==== Provided entries

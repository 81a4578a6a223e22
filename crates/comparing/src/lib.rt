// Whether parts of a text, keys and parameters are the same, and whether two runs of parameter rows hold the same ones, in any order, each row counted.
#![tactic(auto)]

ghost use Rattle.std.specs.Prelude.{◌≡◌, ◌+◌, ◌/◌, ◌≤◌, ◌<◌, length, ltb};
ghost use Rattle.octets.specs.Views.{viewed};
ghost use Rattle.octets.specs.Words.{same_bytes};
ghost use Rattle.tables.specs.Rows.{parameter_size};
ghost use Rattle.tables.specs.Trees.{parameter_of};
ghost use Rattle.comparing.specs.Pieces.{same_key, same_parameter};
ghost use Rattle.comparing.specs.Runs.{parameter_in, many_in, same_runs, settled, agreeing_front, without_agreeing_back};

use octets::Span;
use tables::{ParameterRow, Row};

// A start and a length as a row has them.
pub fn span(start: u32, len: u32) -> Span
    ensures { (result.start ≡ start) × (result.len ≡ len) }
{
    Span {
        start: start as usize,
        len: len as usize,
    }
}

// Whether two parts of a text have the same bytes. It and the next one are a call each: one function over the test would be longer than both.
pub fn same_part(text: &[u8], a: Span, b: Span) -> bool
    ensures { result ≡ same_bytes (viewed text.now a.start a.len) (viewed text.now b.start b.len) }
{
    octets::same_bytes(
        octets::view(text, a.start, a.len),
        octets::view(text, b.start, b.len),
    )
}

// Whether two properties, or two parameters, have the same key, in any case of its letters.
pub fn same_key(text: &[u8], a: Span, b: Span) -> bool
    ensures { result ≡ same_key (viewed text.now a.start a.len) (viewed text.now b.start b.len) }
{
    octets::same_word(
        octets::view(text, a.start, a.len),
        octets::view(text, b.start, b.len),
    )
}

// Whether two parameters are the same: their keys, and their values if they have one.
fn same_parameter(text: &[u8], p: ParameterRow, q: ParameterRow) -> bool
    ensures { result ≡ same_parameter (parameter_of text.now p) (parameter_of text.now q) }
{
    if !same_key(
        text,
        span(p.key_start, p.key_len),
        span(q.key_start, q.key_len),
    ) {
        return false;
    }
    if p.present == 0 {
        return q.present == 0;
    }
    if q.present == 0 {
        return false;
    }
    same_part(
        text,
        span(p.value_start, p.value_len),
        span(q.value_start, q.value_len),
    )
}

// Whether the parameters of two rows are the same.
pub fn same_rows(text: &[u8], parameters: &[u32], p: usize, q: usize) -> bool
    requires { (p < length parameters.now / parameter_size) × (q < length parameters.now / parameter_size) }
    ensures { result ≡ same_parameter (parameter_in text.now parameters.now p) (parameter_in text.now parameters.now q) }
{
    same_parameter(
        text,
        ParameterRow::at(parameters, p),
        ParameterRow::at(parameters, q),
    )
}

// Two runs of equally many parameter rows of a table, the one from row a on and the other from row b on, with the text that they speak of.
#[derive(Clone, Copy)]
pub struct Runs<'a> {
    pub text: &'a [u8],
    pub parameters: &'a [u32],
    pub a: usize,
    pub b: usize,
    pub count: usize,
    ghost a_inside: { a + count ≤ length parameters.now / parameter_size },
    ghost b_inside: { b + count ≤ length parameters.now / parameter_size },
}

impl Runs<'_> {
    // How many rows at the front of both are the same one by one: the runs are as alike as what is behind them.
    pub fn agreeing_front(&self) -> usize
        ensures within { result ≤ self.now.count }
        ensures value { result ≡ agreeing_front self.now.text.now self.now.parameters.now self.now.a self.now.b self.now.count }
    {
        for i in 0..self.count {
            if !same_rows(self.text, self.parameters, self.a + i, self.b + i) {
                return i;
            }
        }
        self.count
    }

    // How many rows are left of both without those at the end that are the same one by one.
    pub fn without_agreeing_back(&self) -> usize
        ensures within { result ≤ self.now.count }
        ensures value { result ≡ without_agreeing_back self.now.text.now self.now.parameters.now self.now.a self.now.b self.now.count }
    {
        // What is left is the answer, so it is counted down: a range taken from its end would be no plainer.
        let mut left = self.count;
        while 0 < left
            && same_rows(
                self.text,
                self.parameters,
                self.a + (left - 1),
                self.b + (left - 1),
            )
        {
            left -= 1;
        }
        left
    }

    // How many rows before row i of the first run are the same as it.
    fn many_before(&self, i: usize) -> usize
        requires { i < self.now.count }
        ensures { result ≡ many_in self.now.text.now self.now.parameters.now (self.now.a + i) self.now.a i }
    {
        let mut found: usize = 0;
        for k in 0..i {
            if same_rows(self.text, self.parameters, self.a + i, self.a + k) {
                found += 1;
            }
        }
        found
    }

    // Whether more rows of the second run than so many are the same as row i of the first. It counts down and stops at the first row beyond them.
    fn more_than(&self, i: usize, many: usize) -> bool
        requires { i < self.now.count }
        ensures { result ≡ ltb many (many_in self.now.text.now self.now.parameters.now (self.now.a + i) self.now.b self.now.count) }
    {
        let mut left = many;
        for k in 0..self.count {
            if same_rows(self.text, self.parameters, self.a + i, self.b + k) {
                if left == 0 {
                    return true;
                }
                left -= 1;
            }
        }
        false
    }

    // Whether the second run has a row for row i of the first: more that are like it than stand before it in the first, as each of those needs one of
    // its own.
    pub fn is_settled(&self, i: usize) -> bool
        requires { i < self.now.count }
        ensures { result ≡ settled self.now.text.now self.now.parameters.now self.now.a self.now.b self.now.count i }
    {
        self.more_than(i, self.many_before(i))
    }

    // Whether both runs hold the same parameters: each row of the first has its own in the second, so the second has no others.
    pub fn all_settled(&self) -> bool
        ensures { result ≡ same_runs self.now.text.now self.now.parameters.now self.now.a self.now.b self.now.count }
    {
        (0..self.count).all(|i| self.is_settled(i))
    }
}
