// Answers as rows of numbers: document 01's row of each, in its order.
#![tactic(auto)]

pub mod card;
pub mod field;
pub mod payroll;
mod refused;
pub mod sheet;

========
==== Provided entries

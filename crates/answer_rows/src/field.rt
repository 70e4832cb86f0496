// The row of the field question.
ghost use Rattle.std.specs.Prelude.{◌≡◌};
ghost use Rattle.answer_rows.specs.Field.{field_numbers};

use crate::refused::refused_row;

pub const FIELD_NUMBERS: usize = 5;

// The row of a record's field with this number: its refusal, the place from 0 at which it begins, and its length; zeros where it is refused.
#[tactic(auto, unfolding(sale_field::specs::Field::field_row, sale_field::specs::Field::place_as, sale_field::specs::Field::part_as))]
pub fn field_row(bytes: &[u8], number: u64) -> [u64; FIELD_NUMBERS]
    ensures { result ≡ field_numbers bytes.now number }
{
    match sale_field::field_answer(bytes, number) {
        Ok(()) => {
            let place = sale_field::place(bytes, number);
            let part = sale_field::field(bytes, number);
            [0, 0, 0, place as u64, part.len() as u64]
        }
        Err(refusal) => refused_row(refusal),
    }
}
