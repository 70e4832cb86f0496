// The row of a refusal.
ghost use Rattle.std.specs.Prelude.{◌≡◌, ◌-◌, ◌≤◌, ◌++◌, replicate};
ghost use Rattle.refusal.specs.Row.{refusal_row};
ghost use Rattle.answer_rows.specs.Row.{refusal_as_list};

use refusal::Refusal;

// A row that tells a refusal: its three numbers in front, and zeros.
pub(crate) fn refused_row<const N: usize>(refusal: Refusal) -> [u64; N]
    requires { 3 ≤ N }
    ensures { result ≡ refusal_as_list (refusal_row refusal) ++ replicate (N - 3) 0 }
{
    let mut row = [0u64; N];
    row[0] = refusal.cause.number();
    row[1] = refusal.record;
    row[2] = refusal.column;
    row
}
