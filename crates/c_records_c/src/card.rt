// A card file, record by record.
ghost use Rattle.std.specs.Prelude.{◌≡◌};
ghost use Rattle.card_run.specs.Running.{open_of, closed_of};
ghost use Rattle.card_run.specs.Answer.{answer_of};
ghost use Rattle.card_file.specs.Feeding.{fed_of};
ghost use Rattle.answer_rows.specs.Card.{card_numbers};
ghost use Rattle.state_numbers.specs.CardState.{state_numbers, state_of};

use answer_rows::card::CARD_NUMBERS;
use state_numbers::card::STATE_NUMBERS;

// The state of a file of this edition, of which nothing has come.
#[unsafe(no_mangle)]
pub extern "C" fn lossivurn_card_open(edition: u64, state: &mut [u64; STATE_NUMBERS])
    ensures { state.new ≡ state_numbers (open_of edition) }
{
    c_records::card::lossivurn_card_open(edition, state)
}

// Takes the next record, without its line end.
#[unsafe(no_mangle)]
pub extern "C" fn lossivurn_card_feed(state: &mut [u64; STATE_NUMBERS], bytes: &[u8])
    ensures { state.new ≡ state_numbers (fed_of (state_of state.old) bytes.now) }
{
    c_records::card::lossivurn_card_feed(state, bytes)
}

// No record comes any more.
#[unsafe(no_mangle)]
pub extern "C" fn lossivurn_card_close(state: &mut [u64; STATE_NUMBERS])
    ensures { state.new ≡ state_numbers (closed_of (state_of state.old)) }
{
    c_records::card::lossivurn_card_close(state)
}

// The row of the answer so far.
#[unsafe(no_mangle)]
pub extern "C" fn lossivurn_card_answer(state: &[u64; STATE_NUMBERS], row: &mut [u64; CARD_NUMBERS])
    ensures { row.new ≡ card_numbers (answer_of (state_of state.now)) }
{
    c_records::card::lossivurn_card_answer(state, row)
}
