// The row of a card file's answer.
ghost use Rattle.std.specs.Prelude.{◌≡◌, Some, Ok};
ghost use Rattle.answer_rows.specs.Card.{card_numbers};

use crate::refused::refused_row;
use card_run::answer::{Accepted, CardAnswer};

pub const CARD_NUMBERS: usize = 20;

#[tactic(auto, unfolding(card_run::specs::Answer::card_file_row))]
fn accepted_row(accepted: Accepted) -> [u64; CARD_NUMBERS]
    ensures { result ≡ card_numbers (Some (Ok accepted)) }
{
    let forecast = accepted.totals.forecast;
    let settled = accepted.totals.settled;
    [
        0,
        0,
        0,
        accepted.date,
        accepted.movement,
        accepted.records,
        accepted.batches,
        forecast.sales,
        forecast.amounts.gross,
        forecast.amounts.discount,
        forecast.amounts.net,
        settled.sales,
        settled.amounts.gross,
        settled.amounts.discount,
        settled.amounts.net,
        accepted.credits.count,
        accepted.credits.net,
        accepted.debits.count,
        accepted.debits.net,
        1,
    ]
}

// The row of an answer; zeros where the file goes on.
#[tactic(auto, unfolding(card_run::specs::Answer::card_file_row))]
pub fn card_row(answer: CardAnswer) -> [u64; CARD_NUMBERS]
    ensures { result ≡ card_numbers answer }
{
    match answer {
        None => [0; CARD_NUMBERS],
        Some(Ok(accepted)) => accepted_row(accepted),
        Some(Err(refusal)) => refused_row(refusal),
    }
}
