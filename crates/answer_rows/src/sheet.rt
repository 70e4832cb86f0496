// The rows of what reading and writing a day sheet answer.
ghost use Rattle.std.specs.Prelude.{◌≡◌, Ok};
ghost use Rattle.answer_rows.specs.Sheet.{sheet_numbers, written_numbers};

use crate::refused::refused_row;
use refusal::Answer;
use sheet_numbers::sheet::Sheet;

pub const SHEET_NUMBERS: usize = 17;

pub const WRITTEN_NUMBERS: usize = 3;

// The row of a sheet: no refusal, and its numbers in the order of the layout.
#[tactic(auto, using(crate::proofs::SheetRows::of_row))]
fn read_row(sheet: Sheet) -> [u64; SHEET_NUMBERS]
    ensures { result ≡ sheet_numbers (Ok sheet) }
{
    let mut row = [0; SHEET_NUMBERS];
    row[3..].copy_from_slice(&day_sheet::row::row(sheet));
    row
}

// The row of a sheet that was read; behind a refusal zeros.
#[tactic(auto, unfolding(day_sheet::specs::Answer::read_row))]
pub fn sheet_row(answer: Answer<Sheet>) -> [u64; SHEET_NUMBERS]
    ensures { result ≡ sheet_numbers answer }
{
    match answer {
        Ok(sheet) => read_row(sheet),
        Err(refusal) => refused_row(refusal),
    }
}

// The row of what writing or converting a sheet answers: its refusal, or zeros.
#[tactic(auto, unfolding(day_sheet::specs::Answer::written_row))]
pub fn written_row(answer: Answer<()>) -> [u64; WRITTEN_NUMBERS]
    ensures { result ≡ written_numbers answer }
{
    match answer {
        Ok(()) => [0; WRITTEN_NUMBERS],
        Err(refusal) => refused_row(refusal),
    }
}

========

### Required work
Using the records above, set down exactly the lines from the one with "they speak of." through the one with "is behind them.", inclusive, and nothing more.

### Task result
// Two runs of equally many parameter rows of a table, the one from row a on and the other from row b on, with the text that they speak of.
#[derive(Clone, Copy)]
pub struct Runs<'a> {
    pub text: &'a [u8],
    pub parameters: &'a [u32],
    pub a: usize,
    pub b: usize,
    pub count: usize,
    ghost a_inside: { a + count ≤ length parameters.now / parameter_size },
    ghost b_inside: { b + count ≤ length parameters.now / parameter_size },
}

impl Runs<'_> {
    // How many rows at the front of both are the same one by one: the runs are as alike as what is behind them.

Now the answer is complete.